Note: Many switches aren't capable of making these measurements and so go unmonitored. |
Host | The server exports standard host metrics, including: CPU, memory and disk performance. | None. NetFlow is generally only implemented in network devices. |
Application | The web server exports standard HTTP metrics that include request counts and randomly sampled web requests, providing detailed information such as the URL, referrer, server address, client address, user, browser, request bytes, response bytes, status and duration. The web server also reports maximum, idle and active workers. | None. NetFlow is typically only implemented in network devices. |
NetFlow takes a network centric view of measurement and tries to infer application behavior by examining packets in the network. NetFlow imposes a stateful, connection oriented, model on core devices that should be stateless. Unfortunately, the resulting flow measurements aren't a natural fit for packet switches, providing a distorted view of the operation of these devices. For example, the switch makes forwarding decisions on a packet by packet basis and these decisions can change over the lifetime of a flow. The packet oriented measurements made by sFlow accurately capture forwarding decisions, but flow oriented measurement can be misleading. Another example building on the mail sorting analogy in Figure 2; packet oriented measurements support analysis of small, large and jumbo frames (postcards, letters and parcels), but this detail is lost in flow records.

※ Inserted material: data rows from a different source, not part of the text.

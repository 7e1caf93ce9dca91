//! Stored round keys, lent as a cipher of one direction: few blocks by vector permutations, whole
//! batches of many on planes. Functions come in the order in which they call each other.

ghost use Rattle.std.specs.Prelude.{◌≡◌, ◌≤◌, ℕ, List, drop, length, take};
ghost use Rattle.aes_planes.specs.Each.{Each};
ghost use Rattle.aes_planes.specs.Fips197 as fips;
ghost use Rattle.aes_planes.proofs.Standard.CipherLaws.{two_expanded};
ghost use Rattle.aes_permute.specs.Keys.{encrypting, key_of_lanes, IsCipherSchedule};
ghost use Rattle.aes_permute.specs.Stored.{round_keys_of};

use crate::batches::process_on_planes;
use crate::closures::lend_planes;
use crate::widths::{Width, Width128};
use aes_cipher::cipher::{
    BatchOfFour, BatchSizeUser, BlockCipherDecBackend, BlockCipherDecClosure, BlockCipherDecrypt,
    BlockCipherEncBackend, BlockCipherEncClosure, BlockCipherEncrypt, Decrypt, Encrypt,
    RoundKeysUser,
};
use aes_permute::blocks::{process_block, process_on_lanes};
use aes_permute::lane_rounds::LaneRounds;
use aes_planes::laws;
use aes_planes::soft::word::{Batch, Block, Word};
use aes_soft::soft::PlaneCipher;
use std::marker::{Model, PhantomData};
use std::slice;

/// Stored round keys, lent as a cipher of the direction D: `keys` are the round keys of Cipher, and
/// `direction_keys` those of the direction. This type is also the backend for few blocks, and
/// processes them by vector permutations. Contracts see a value as its key.
pub struct BorrowedCipher<'a, D: LaneRounds, W = Width128> {
    keys: &'a [Block],
    direction_keys: &'a [Block],
    direction: PhantomData<D>,
    width: PhantomData<W>,
}

impl<D: LaneRounds, W> Drop for BorrowedCipher<'_, D, W> {
    #[inline(always)]
    fn drop(self) {
        let BorrowedCipher {
            keys: _,
            direction_keys: _,
            direction: _,
            width: _,
        } = self;
    }
}

impl<'a, D: LaneRounds, W> Model for BorrowedCipher<'a, D, W> {
    ghost Value = { List ℕ };

    ghost view = { λ lent. key_of_lanes lent.keys.now };

    ghost invariant = { λ lent. IsCipherSchedule lent.keys.now
        × (round_keys_of D.form lent.direction_keys.now
        ≡ D.form.direction_keys (fips.key_expansion (key_of_lanes lent.keys.now))) };
}

impl<'a, W> BorrowedCipher<'a, Encrypt, W> {
    /// Lends stored round keys of Cipher, to encrypt.
    #[inline(always)]
    pub(crate) fn encrypting(keys: &'a [Block]) -> BorrowedCipher<'a, Encrypt, W>
        requires { IsCipherSchedule keys.now }
        ensures { result ≡ key_of_lanes keys.now }
    {
        BorrowedCipher {
            keys,
            direction_keys: keys,
            direction: PhantomData,
            width: PhantomData,
        }
    }
}

impl<'a, D: LaneRounds, W> BorrowedCipher<'a, D, W> {
    /// Lends stored round keys: those of Cipher, and those of the direction.
    #[inline(always)]
    pub(crate) fn new(keys: &'a [Block], direction_keys: &'a [Block]) -> BorrowedCipher<'a, D, W>
        requires keyed { IsCipherSchedule keys.now }
        requires direction_keys { round_keys_of D.form direction_keys.now ≡ D.form.direction_keys (encrypting keys.now) }
        ensures { result ≡ key_of_lanes keys.now }
    {
        BorrowedCipher {
            keys,
            direction_keys,
            direction: PhantomData,
            width: PhantomData,
        }
    }
}

impl<D: LaneRounds, W> RoundKeysUser for BorrowedCipher<'_, D, W> {
    ghost round_keys = { fips.key_expansion };

    fn round_keys_are_blocks(&self) {
        laws::expanded_keys();
        // A use of a field tells the proof what holds for every value of the type.
        let _ = &self.keys;
    }

    ghost two_round_keys = { two_expanded };
}

impl<W: Width> BlockCipherEncrypt for BorrowedCipher<'_, Encrypt, W> {
    #[inline(always)]
    fn encrypt_with_backend<F: BlockCipherEncClosure>(&self, f: &mut F) {
        self.encrypt_with_backend_for(usize::MAX, f);
    }

    #[inline(always)]
    fn encrypt_with_backend_for<F: BlockCipherEncClosure>(&self, blocks: usize, f: &mut F) {
        if blocks >= W::LEAST_FOR_CLOSURES {
            lend_planes::<Encrypt, W, F>(self.keys, self.keys, f);
        } else {
            f.call(self);
        }
    }

    #[inline(always)]
    fn encrypt_block(&self, block: &mut Block) {
        self.process_block(block);
    }

    #[inline(always)]
    fn encrypt_blocks(&self, blocks: &mut [Block]) {
        self.process_blocks(blocks);
    }
}

impl<W: Width> BlockCipherDecrypt for BorrowedCipher<'_, Decrypt, W> {
    #[inline(always)]
    fn decrypt_with_backend<F: BlockCipherDecClosure>(&self, f: &mut F) {
        self.decrypt_with_backend_for(usize::MAX, f);
    }

    #[inline(always)]
    fn decrypt_with_backend_for<F: BlockCipherDecClosure>(&self, blocks: usize, f: &mut F) {
        if blocks >= W::LEAST_FOR_CLOSURES {
            lend_planes::<Decrypt, W, F>(self.keys, self.direction_keys, f);
        } else {
            f.call(self);
        }
    }

    #[inline(always)]
    fn decrypt_block(&self, block: &mut Block) {
        self.process_block(block);
    }

    #[inline(always)]
    fn decrypt_blocks(&self, blocks: &mut [Block]) {
        self.process_blocks(blocks);
    }
}

impl<D: LaneRounds + PlaneCipher, W: Width> BorrowedCipher<'_, D, W> {
    /// Processes each block of a slice in place: first on planes, if there are many, and then the
    /// others on vectors.
    #[tactic(auto, using(crate::proofs::Fronts::first_then_others))]
    pub(crate) fn process_blocks(&self, blocks: &mut [Block])
        ensures { Each (D.processed (fips.key_expansion self.now)) blocks.old blocks.new }
    {
        let done = process_first_on_planes::<D, W>(self.keys, blocks);
        self.process_on_vectors(&mut blocks[done..]);
    }
}

// Processes the first blocks of a slice on planes, and returns how many these are. Of few blocks
// there are none. Of many there are the whole batches, and also the blocks after them if planes take
// less time for these.
#[inline(always)]
fn process_first_on_planes<D: LaneRounds + PlaneCipher, W: Width>(
    keys: &[Block],
    blocks: &mut [Block],
) -> usize
    requires keyed { IsCipherSchedule keys.now }
    ensures inside { result ≤ length blocks.old }
    ensures first { Each (D.processed (fips.key_expansion (key_of_lanes keys.now)))
        (take result blocks.old)
        (take result blocks.new) }
    ensures others { drop result blocks.new ≡ drop result blocks.old }
{
    let count = blocks.len();
    let least = if D::BACKWARD {
        W::LEAST_TO_DECRYPT
    } else {
        W::LEAST_TO_ENCRYPT
    };
    if count < least {
        return 0;
    }
    let rest = count % <W::PlaneWord as Word>::Blocks::LEN;
    let left = if rest <= W::MOST_AFTER_BATCHES {
        rest
    } else {
        0
    };
    process_on_planes::<D, W::PlaneWord>(keys, &mut blocks[..count - left]);
    count - left
}

impl<D: LaneRounds, W: Width> BorrowedCipher<'_, D, W> {
    /// Processes each block of a slice in place on vectors, by permutations.
    #[inline(always)]
    pub(crate) fn process_on_vectors(&self, blocks: &mut [Block])
        ensures { Each (D.processed (fips.key_expansion self.now)) blocks.old blocks.new }
    {
        D::rounds_follow_the_standard();
        D::rounds_use_every_key();
        process_on_lanes::<D, W::Vectors>(self.direction_keys, blocks);
    }
}

impl<D: LaneRounds, W> BorrowedCipher<'_, D, W> {
    /// Processes a block in place in a vector, which stays in a register.
    #[inline(always)]
    fn process_block(&self, block: &mut Block)
        ensures { block.new ≡ D.processed (fips.key_expansion self.now) block.old }
    {
        D::rounds_follow_the_standard();
        D::rounds_use_every_key();
        process_block::<D>(self.direction_keys, block);
    }
}

// As a backend, the cipher processes four blocks at a time, all on vectors.
impl<D: LaneRounds, W: Width> BatchSizeUser for BorrowedCipher<'_, D, W> {
    type Par = BatchOfFour;
}

impl<W: Width> BlockCipherEncBackend for BorrowedCipher<'_, Encrypt, W> {
    #[inline(always)]
    fn encrypt_block(&self, block: &mut Block) {
        self.process_on_vectors(slice::from_mut(block));
    }

    #[inline(always)]
    fn encrypt_par_blocks(&self, blocks: &mut [Block]) {
        self.process_on_vectors(blocks);
    }

    #[tactic(auto, using(aes_cipher::proofs::FirstBlocks::first_blocks))]
    #[inline(always)]
    fn encrypt_first_blocks(&self, count: usize, blocks: &mut [Block]) {
        self.process_on_vectors(&mut blocks[..count]);
    }
}

impl<W: Width> BlockCipherDecBackend for BorrowedCipher<'_, Decrypt, W> {
    #[inline(always)]
    fn decrypt_block(&self, block: &mut Block) {
        self.process_on_vectors(slice::from_mut(block));
    }

    #[inline(always)]
    fn decrypt_par_blocks(&self, blocks: &mut [Block]) {
        self.process_on_vectors(blocks);
    }
}
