//! How wide vectors and words are. The width is a type, since the processor decides which one is
//! quicker. The measured numbers of blocks, from which planes take less time, are here too.

ghost use Rattle.std.specs.Prelude.{◌≡◌, refl};

use aes_cipher::cipher::{BatchOfEight, BatchOfSixteen, BatchSize};
use aes_permute::lanes::Lanes;
use aes_planes::soft::word::{Batch, Word};
use aes_soft::soft::blocks::BatchWord;
use std::simd::prelude::*;

/// A width of vectors and words. Callers name one of the two below; contracts are the same for
/// both.
pub trait Width {
    /// The vectors on which few blocks are processed.
    type Vectors: Lanes;

    /// The words of the planes on which many blocks are processed.
    type PlaneWord: Word;

    /// How many blocks planes of `PlaneWord` hold, as a type.
    type Par: BatchSize;

    /// The number of blocks from which encryption takes less time on planes. Planes of the round
    /// keys have to be made first.
    const LEAST_TO_ENCRYPT: usize;

    /// The number of blocks from which decryption takes less time on planes.
    const LEAST_TO_DECRYPT: usize;

    /// The number of blocks from which a caller's closure gets a backend that has planes.
    const LEAST_FOR_CLOSURES: usize;

    /// The most blocks after whole batches that take less time by vector permutations than as one
    /// batch more.
    const MOST_AFTER_BATCHES: usize;

    /// The type for the number of blocks has the number of the word.
    ghost same_number: { Self.Par.PAR_BLOCKS ≡ Self.PlaneWord.Blocks.LEN };
}

/// Vectors and words of 128 bits: two blocks at a time by vector permutations, eight on planes. For
/// every processor.
pub struct Width128;

impl Width for Width128 {
    type Vectors = u8x16;

    type PlaneWord = BatchWord;

    type Par = BatchOfEight;

    const LEAST_TO_ENCRYPT: usize = 15;

    const LEAST_TO_DECRYPT: usize = 15;

    const LEAST_FOR_CLOSURES: usize = 8;

    const MOST_AFTER_BATCHES: usize = 5;

    ghost same_number = { refl };
}

/// Vectors and words of 256 bits: four blocks at a time by vector permutations, sixteen on planes.
/// For builds for processors that have vectors of that size. On other processors this width is
/// slower.
pub struct Width256;

impl Width for Width256 {
    type Vectors = u8x32;

    type PlaneWord = u8x32;

    type Par = BatchOfSixteen;

    const LEAST_TO_ENCRYPT: usize = 32;

    const LEAST_TO_DECRYPT: usize = 31;

    const LEAST_FOR_CLOSURES: usize = 29;

    const MOST_AFTER_BATCHES: usize = 12;

    ghost same_number = { refl };
}
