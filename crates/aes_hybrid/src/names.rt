//! The names of the nine types, on words of 128 bits. A type of another width is named by its form:
//! `BothWaysKeys<K, W>`, or `EncryptionKeys<K, W>`.

use crate::stored_keys::{BothWaysKeys, EncryptionKeys};
use aes_cipher::aes::{AesCipher, Bits128, Bits192, Bits256, BothWays};
use aes_cipher::cipher::{Decrypt, Encrypt};

/// AES with a key of 16 bytes, for encryption and decryption.
pub type Aes128 = AesCipher<BothWaysKeys<Bits128>, BothWays>;

/// AES with a key of 16 bytes, for encryption only.
pub type Aes128Enc = AesCipher<EncryptionKeys<Bits128>, Encrypt>;

/// AES with a key of 16 bytes, for decryption only. It also keeps the round keys of Cipher, of
/// which planes are made.
pub type Aes128Dec = AesCipher<BothWaysKeys<Bits128>, Decrypt>;

/// AES with a key of 24 bytes, for encryption and decryption.
pub type Aes192 = AesCipher<BothWaysKeys<Bits192>, BothWays>;

/// AES with a key of 24 bytes, for encryption only.
pub type Aes192Enc = AesCipher<EncryptionKeys<Bits192>, Encrypt>;

/// AES with a key of 24 bytes, for decryption only. It also keeps the round keys of Cipher, of
/// which planes are made.
pub type Aes192Dec = AesCipher<BothWaysKeys<Bits192>, Decrypt>;

/// AES with a key of 32 bytes, for encryption and decryption.
pub type Aes256 = AesCipher<BothWaysKeys<Bits256>, BothWays>;

/// AES with a key of 32 bytes, for encryption only.
pub type Aes256Enc = AesCipher<EncryptionKeys<Bits256>, Encrypt>;

/// AES with a key of 32 bytes, for decryption only. It also keeps the round keys of Cipher, of
/// which planes are made.
pub type Aes256Dec = AesCipher<BothWaysKeys<Bits256>, Decrypt>;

Flows are an abstraction that is useful for understanding end-to-end traffic traversing the packet switches. However, the flow abstraction describes connections created by the communication end points and to properly measure connection performance, one needs to instrument those end points. Hosts are responsible for initiating and terminating flows and are a natural place to report flows, but the traditional flow model ignores important detail that the host can provide. For example, the host is in a position to include important details about services such as user names, URLs, response times, and status codes as well as information about the computational resources needed to deliver the services; information that is essential for managing service capacity, utilization and response times.
While NetFlow is network centric and tries to infer information about applications from network packets (which is becoming increasingly difficult as more traffic is encrypted), the sFlow standard takes a
systems approach, exposing information from
network, servers and applications in order to provide a comprehensive view of performance.
Measurement isn't simply about producing pretty charts. The ultimate goal is to be able to act on the measurements and
control performance. Control requires a model of behavior that allow performance to be predicted and measurements that characterize demand and show how close the system performance matches the predictions. The sFlow standard is well suited to automation, providing comprehensive measurements based on models of network, server and application performance. The
Data center convergence, visibility and control presentation describes the critical role that measurement plays in managing costs and optimizing performance.